Working data:
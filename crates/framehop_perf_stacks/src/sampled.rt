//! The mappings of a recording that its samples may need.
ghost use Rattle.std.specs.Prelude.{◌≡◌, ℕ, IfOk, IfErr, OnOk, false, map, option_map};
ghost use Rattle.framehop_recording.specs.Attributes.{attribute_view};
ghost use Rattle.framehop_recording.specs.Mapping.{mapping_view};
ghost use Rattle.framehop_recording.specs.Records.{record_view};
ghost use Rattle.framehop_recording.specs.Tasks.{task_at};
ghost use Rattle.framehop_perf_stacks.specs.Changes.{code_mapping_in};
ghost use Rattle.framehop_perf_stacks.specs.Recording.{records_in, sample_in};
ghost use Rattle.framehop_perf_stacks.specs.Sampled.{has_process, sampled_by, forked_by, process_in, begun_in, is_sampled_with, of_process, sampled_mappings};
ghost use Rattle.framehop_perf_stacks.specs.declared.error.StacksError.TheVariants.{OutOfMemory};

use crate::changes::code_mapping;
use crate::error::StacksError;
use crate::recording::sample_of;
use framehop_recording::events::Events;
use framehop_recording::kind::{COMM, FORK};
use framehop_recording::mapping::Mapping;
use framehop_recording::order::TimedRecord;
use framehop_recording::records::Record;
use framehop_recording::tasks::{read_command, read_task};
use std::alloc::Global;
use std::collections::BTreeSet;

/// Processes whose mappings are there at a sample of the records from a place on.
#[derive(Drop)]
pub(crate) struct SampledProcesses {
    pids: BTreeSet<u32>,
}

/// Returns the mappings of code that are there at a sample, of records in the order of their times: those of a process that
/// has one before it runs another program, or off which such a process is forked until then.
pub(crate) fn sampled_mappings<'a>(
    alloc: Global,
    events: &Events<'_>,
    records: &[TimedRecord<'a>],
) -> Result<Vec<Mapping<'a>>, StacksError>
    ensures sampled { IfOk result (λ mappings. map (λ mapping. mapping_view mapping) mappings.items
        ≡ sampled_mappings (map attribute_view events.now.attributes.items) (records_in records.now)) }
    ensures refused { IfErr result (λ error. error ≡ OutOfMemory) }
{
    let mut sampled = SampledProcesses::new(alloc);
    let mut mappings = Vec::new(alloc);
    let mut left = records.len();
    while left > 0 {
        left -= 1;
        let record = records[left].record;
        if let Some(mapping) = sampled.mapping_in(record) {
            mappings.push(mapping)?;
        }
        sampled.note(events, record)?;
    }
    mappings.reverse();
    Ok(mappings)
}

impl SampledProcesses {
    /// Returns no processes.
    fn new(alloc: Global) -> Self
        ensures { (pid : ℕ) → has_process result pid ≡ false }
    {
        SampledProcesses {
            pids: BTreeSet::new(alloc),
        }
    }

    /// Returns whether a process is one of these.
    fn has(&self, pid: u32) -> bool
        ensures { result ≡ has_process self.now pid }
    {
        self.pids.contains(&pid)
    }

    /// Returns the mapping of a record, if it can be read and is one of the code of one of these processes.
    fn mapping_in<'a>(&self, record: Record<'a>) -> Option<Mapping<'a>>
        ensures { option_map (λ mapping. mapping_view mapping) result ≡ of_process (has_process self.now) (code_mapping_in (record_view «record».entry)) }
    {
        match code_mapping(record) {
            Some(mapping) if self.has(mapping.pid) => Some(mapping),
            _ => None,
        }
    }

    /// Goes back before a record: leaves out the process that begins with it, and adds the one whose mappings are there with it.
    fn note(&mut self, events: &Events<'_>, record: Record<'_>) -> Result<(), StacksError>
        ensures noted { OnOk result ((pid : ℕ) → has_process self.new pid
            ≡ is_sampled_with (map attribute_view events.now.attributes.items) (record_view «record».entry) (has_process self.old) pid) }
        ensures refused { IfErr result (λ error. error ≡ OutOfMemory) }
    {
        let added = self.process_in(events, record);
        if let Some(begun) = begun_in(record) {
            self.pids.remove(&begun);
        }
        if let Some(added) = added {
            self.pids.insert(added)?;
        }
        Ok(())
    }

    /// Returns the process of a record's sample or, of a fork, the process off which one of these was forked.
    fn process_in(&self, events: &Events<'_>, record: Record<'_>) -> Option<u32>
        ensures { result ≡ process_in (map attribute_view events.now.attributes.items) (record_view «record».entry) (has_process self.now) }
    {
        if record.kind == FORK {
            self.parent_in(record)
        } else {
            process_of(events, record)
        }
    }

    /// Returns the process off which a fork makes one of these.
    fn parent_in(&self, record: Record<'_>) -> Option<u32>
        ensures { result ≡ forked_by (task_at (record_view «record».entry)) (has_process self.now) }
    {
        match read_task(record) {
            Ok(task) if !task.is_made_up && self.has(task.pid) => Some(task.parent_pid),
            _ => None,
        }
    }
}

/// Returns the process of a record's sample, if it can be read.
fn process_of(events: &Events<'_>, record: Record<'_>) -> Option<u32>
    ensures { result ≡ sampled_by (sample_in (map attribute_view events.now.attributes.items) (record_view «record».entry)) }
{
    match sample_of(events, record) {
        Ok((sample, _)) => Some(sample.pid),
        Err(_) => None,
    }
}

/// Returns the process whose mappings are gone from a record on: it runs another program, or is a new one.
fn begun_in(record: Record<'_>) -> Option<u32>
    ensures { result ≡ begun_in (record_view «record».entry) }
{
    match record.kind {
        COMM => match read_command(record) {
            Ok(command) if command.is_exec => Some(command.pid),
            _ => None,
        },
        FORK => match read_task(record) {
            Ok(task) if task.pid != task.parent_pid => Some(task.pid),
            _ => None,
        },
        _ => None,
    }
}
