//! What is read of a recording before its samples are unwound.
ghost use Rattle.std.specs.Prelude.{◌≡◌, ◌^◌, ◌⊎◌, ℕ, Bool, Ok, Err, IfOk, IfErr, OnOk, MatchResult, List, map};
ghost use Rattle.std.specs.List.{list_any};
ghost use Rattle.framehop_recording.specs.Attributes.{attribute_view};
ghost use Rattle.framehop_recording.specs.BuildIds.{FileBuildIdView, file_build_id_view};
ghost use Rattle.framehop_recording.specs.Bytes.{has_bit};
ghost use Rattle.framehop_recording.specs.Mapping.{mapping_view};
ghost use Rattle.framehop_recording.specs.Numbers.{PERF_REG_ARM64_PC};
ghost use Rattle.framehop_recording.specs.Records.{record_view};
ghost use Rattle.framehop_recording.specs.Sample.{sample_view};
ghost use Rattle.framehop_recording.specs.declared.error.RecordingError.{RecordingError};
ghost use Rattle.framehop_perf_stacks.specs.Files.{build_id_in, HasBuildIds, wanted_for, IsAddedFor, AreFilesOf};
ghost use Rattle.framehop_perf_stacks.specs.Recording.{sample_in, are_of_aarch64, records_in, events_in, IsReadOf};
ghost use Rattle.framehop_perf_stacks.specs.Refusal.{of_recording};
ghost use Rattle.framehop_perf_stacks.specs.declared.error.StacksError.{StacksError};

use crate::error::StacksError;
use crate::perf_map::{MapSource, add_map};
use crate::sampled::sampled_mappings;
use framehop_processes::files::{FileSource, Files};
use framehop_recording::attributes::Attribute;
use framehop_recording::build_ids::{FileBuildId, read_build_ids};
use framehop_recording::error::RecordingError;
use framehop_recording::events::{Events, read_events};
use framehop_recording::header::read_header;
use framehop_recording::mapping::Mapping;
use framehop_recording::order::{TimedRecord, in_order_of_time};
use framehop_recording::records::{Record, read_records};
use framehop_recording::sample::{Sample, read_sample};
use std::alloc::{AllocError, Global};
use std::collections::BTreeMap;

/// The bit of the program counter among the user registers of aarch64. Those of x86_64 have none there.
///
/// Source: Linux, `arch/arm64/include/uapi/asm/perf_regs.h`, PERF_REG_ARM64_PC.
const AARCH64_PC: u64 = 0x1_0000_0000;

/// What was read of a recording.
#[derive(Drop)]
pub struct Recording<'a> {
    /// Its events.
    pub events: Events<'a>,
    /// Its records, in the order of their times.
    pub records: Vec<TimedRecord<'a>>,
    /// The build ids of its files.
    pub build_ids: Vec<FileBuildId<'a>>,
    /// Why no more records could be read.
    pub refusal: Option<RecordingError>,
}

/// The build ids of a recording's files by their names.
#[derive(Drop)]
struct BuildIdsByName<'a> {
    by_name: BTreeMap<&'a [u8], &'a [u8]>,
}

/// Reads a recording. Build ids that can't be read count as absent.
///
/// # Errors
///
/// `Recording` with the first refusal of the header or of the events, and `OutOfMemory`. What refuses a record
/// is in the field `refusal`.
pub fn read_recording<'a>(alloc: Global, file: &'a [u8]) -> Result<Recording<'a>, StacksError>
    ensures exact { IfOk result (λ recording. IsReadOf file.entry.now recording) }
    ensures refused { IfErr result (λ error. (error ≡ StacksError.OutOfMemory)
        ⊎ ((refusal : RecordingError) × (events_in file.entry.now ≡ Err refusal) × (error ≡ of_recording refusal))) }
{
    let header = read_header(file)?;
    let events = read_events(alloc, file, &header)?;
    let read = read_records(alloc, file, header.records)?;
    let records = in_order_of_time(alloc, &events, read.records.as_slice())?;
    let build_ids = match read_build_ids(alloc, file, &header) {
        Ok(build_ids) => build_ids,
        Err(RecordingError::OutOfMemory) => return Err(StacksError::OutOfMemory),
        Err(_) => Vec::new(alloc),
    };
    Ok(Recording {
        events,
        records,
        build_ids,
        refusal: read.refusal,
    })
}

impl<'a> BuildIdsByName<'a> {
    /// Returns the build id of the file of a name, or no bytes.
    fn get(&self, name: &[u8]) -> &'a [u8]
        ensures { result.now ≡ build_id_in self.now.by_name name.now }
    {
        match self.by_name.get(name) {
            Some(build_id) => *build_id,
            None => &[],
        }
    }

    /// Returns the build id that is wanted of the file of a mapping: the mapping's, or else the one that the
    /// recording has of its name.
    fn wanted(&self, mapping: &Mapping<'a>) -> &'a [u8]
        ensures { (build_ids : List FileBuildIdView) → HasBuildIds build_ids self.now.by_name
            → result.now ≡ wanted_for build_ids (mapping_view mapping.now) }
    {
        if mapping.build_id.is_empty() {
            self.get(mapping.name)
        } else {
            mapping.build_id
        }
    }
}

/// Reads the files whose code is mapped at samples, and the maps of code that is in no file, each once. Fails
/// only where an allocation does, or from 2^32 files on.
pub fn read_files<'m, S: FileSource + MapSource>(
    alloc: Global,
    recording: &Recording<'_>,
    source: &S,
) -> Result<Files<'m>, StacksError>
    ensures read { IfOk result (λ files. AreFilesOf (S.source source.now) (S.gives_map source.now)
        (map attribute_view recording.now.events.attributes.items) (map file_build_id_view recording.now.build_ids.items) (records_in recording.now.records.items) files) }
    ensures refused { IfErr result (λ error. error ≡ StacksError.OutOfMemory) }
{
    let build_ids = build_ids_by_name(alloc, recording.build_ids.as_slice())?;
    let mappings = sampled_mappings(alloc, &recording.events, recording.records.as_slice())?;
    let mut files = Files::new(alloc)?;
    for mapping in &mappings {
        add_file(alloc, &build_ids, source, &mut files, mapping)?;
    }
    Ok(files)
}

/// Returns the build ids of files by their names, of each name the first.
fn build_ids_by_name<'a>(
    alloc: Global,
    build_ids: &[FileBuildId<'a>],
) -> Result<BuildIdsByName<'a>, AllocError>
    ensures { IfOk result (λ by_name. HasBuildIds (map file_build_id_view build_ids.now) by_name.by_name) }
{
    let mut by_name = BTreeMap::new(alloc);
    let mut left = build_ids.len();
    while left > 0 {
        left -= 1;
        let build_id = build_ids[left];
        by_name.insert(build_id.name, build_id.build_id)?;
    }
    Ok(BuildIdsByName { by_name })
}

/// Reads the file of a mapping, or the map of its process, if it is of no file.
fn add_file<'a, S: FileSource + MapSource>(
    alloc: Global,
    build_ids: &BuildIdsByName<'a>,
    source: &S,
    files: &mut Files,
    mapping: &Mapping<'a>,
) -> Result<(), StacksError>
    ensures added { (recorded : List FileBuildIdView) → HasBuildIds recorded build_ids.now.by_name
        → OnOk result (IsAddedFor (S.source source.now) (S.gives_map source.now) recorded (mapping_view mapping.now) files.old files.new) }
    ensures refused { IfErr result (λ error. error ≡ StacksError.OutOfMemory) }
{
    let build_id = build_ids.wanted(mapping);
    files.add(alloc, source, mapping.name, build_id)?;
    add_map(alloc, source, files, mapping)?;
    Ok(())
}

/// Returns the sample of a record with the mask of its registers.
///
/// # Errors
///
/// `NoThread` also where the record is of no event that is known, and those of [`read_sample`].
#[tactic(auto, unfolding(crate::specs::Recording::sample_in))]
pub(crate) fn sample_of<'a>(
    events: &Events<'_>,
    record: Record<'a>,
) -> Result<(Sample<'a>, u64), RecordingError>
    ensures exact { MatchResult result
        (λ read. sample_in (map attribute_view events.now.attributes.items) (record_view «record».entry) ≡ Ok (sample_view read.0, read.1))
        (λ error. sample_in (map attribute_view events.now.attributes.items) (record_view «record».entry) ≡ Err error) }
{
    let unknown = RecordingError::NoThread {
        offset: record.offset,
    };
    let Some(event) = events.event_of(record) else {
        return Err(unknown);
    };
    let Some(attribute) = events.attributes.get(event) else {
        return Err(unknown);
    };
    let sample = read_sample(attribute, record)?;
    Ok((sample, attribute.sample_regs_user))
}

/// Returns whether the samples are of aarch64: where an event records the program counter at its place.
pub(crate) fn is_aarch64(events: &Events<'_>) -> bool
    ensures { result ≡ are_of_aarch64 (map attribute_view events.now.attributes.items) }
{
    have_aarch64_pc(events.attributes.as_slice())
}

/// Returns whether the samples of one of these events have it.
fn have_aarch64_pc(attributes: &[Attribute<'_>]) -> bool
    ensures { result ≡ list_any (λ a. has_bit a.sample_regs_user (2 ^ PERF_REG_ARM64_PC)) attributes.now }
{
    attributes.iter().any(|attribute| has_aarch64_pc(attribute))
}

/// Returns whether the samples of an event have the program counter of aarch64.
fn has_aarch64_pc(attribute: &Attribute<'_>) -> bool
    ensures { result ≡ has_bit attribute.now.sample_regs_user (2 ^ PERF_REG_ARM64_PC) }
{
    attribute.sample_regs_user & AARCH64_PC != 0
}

Exercise requirements: Only the lines above from the line with "makes one of these." to the line with "fn begun_in(record: Record<'_>)", those two lines included, should be reproduced exactly.

Output of the task:
    /// Returns the process off which a fork makes one of these.
    fn parent_in(&self, record: Record<'_>) -> Option<u32>
        ensures { result ≡ forked_by (task_at (record_view «record».entry)) (has_process self.now) }
    {
        match read_task(record) {
            Ok(task) if !task.is_made_up && self.has(task.pid) => Some(task.parent_pid),
            _ => None,
        }
    }
}

/// Returns the process of a record's sample, if it can be read.
fn process_of(events: &Events<'_>, record: Record<'_>) -> Option<u32>
    ensures { result ≡ sampled_by (sample_in (map attribute_view events.now.attributes.items) (record_view «record».entry)) }
{
    match sample_of(events, record) {
        Ok((sample, _)) => Some(sample.pid),
        Err(_) => None,
    }
}

/// Returns the process whose mappings are gone from a record on: it runs another program, or is a new one.
fn begun_in(record: Record<'_>) -> Option<u32>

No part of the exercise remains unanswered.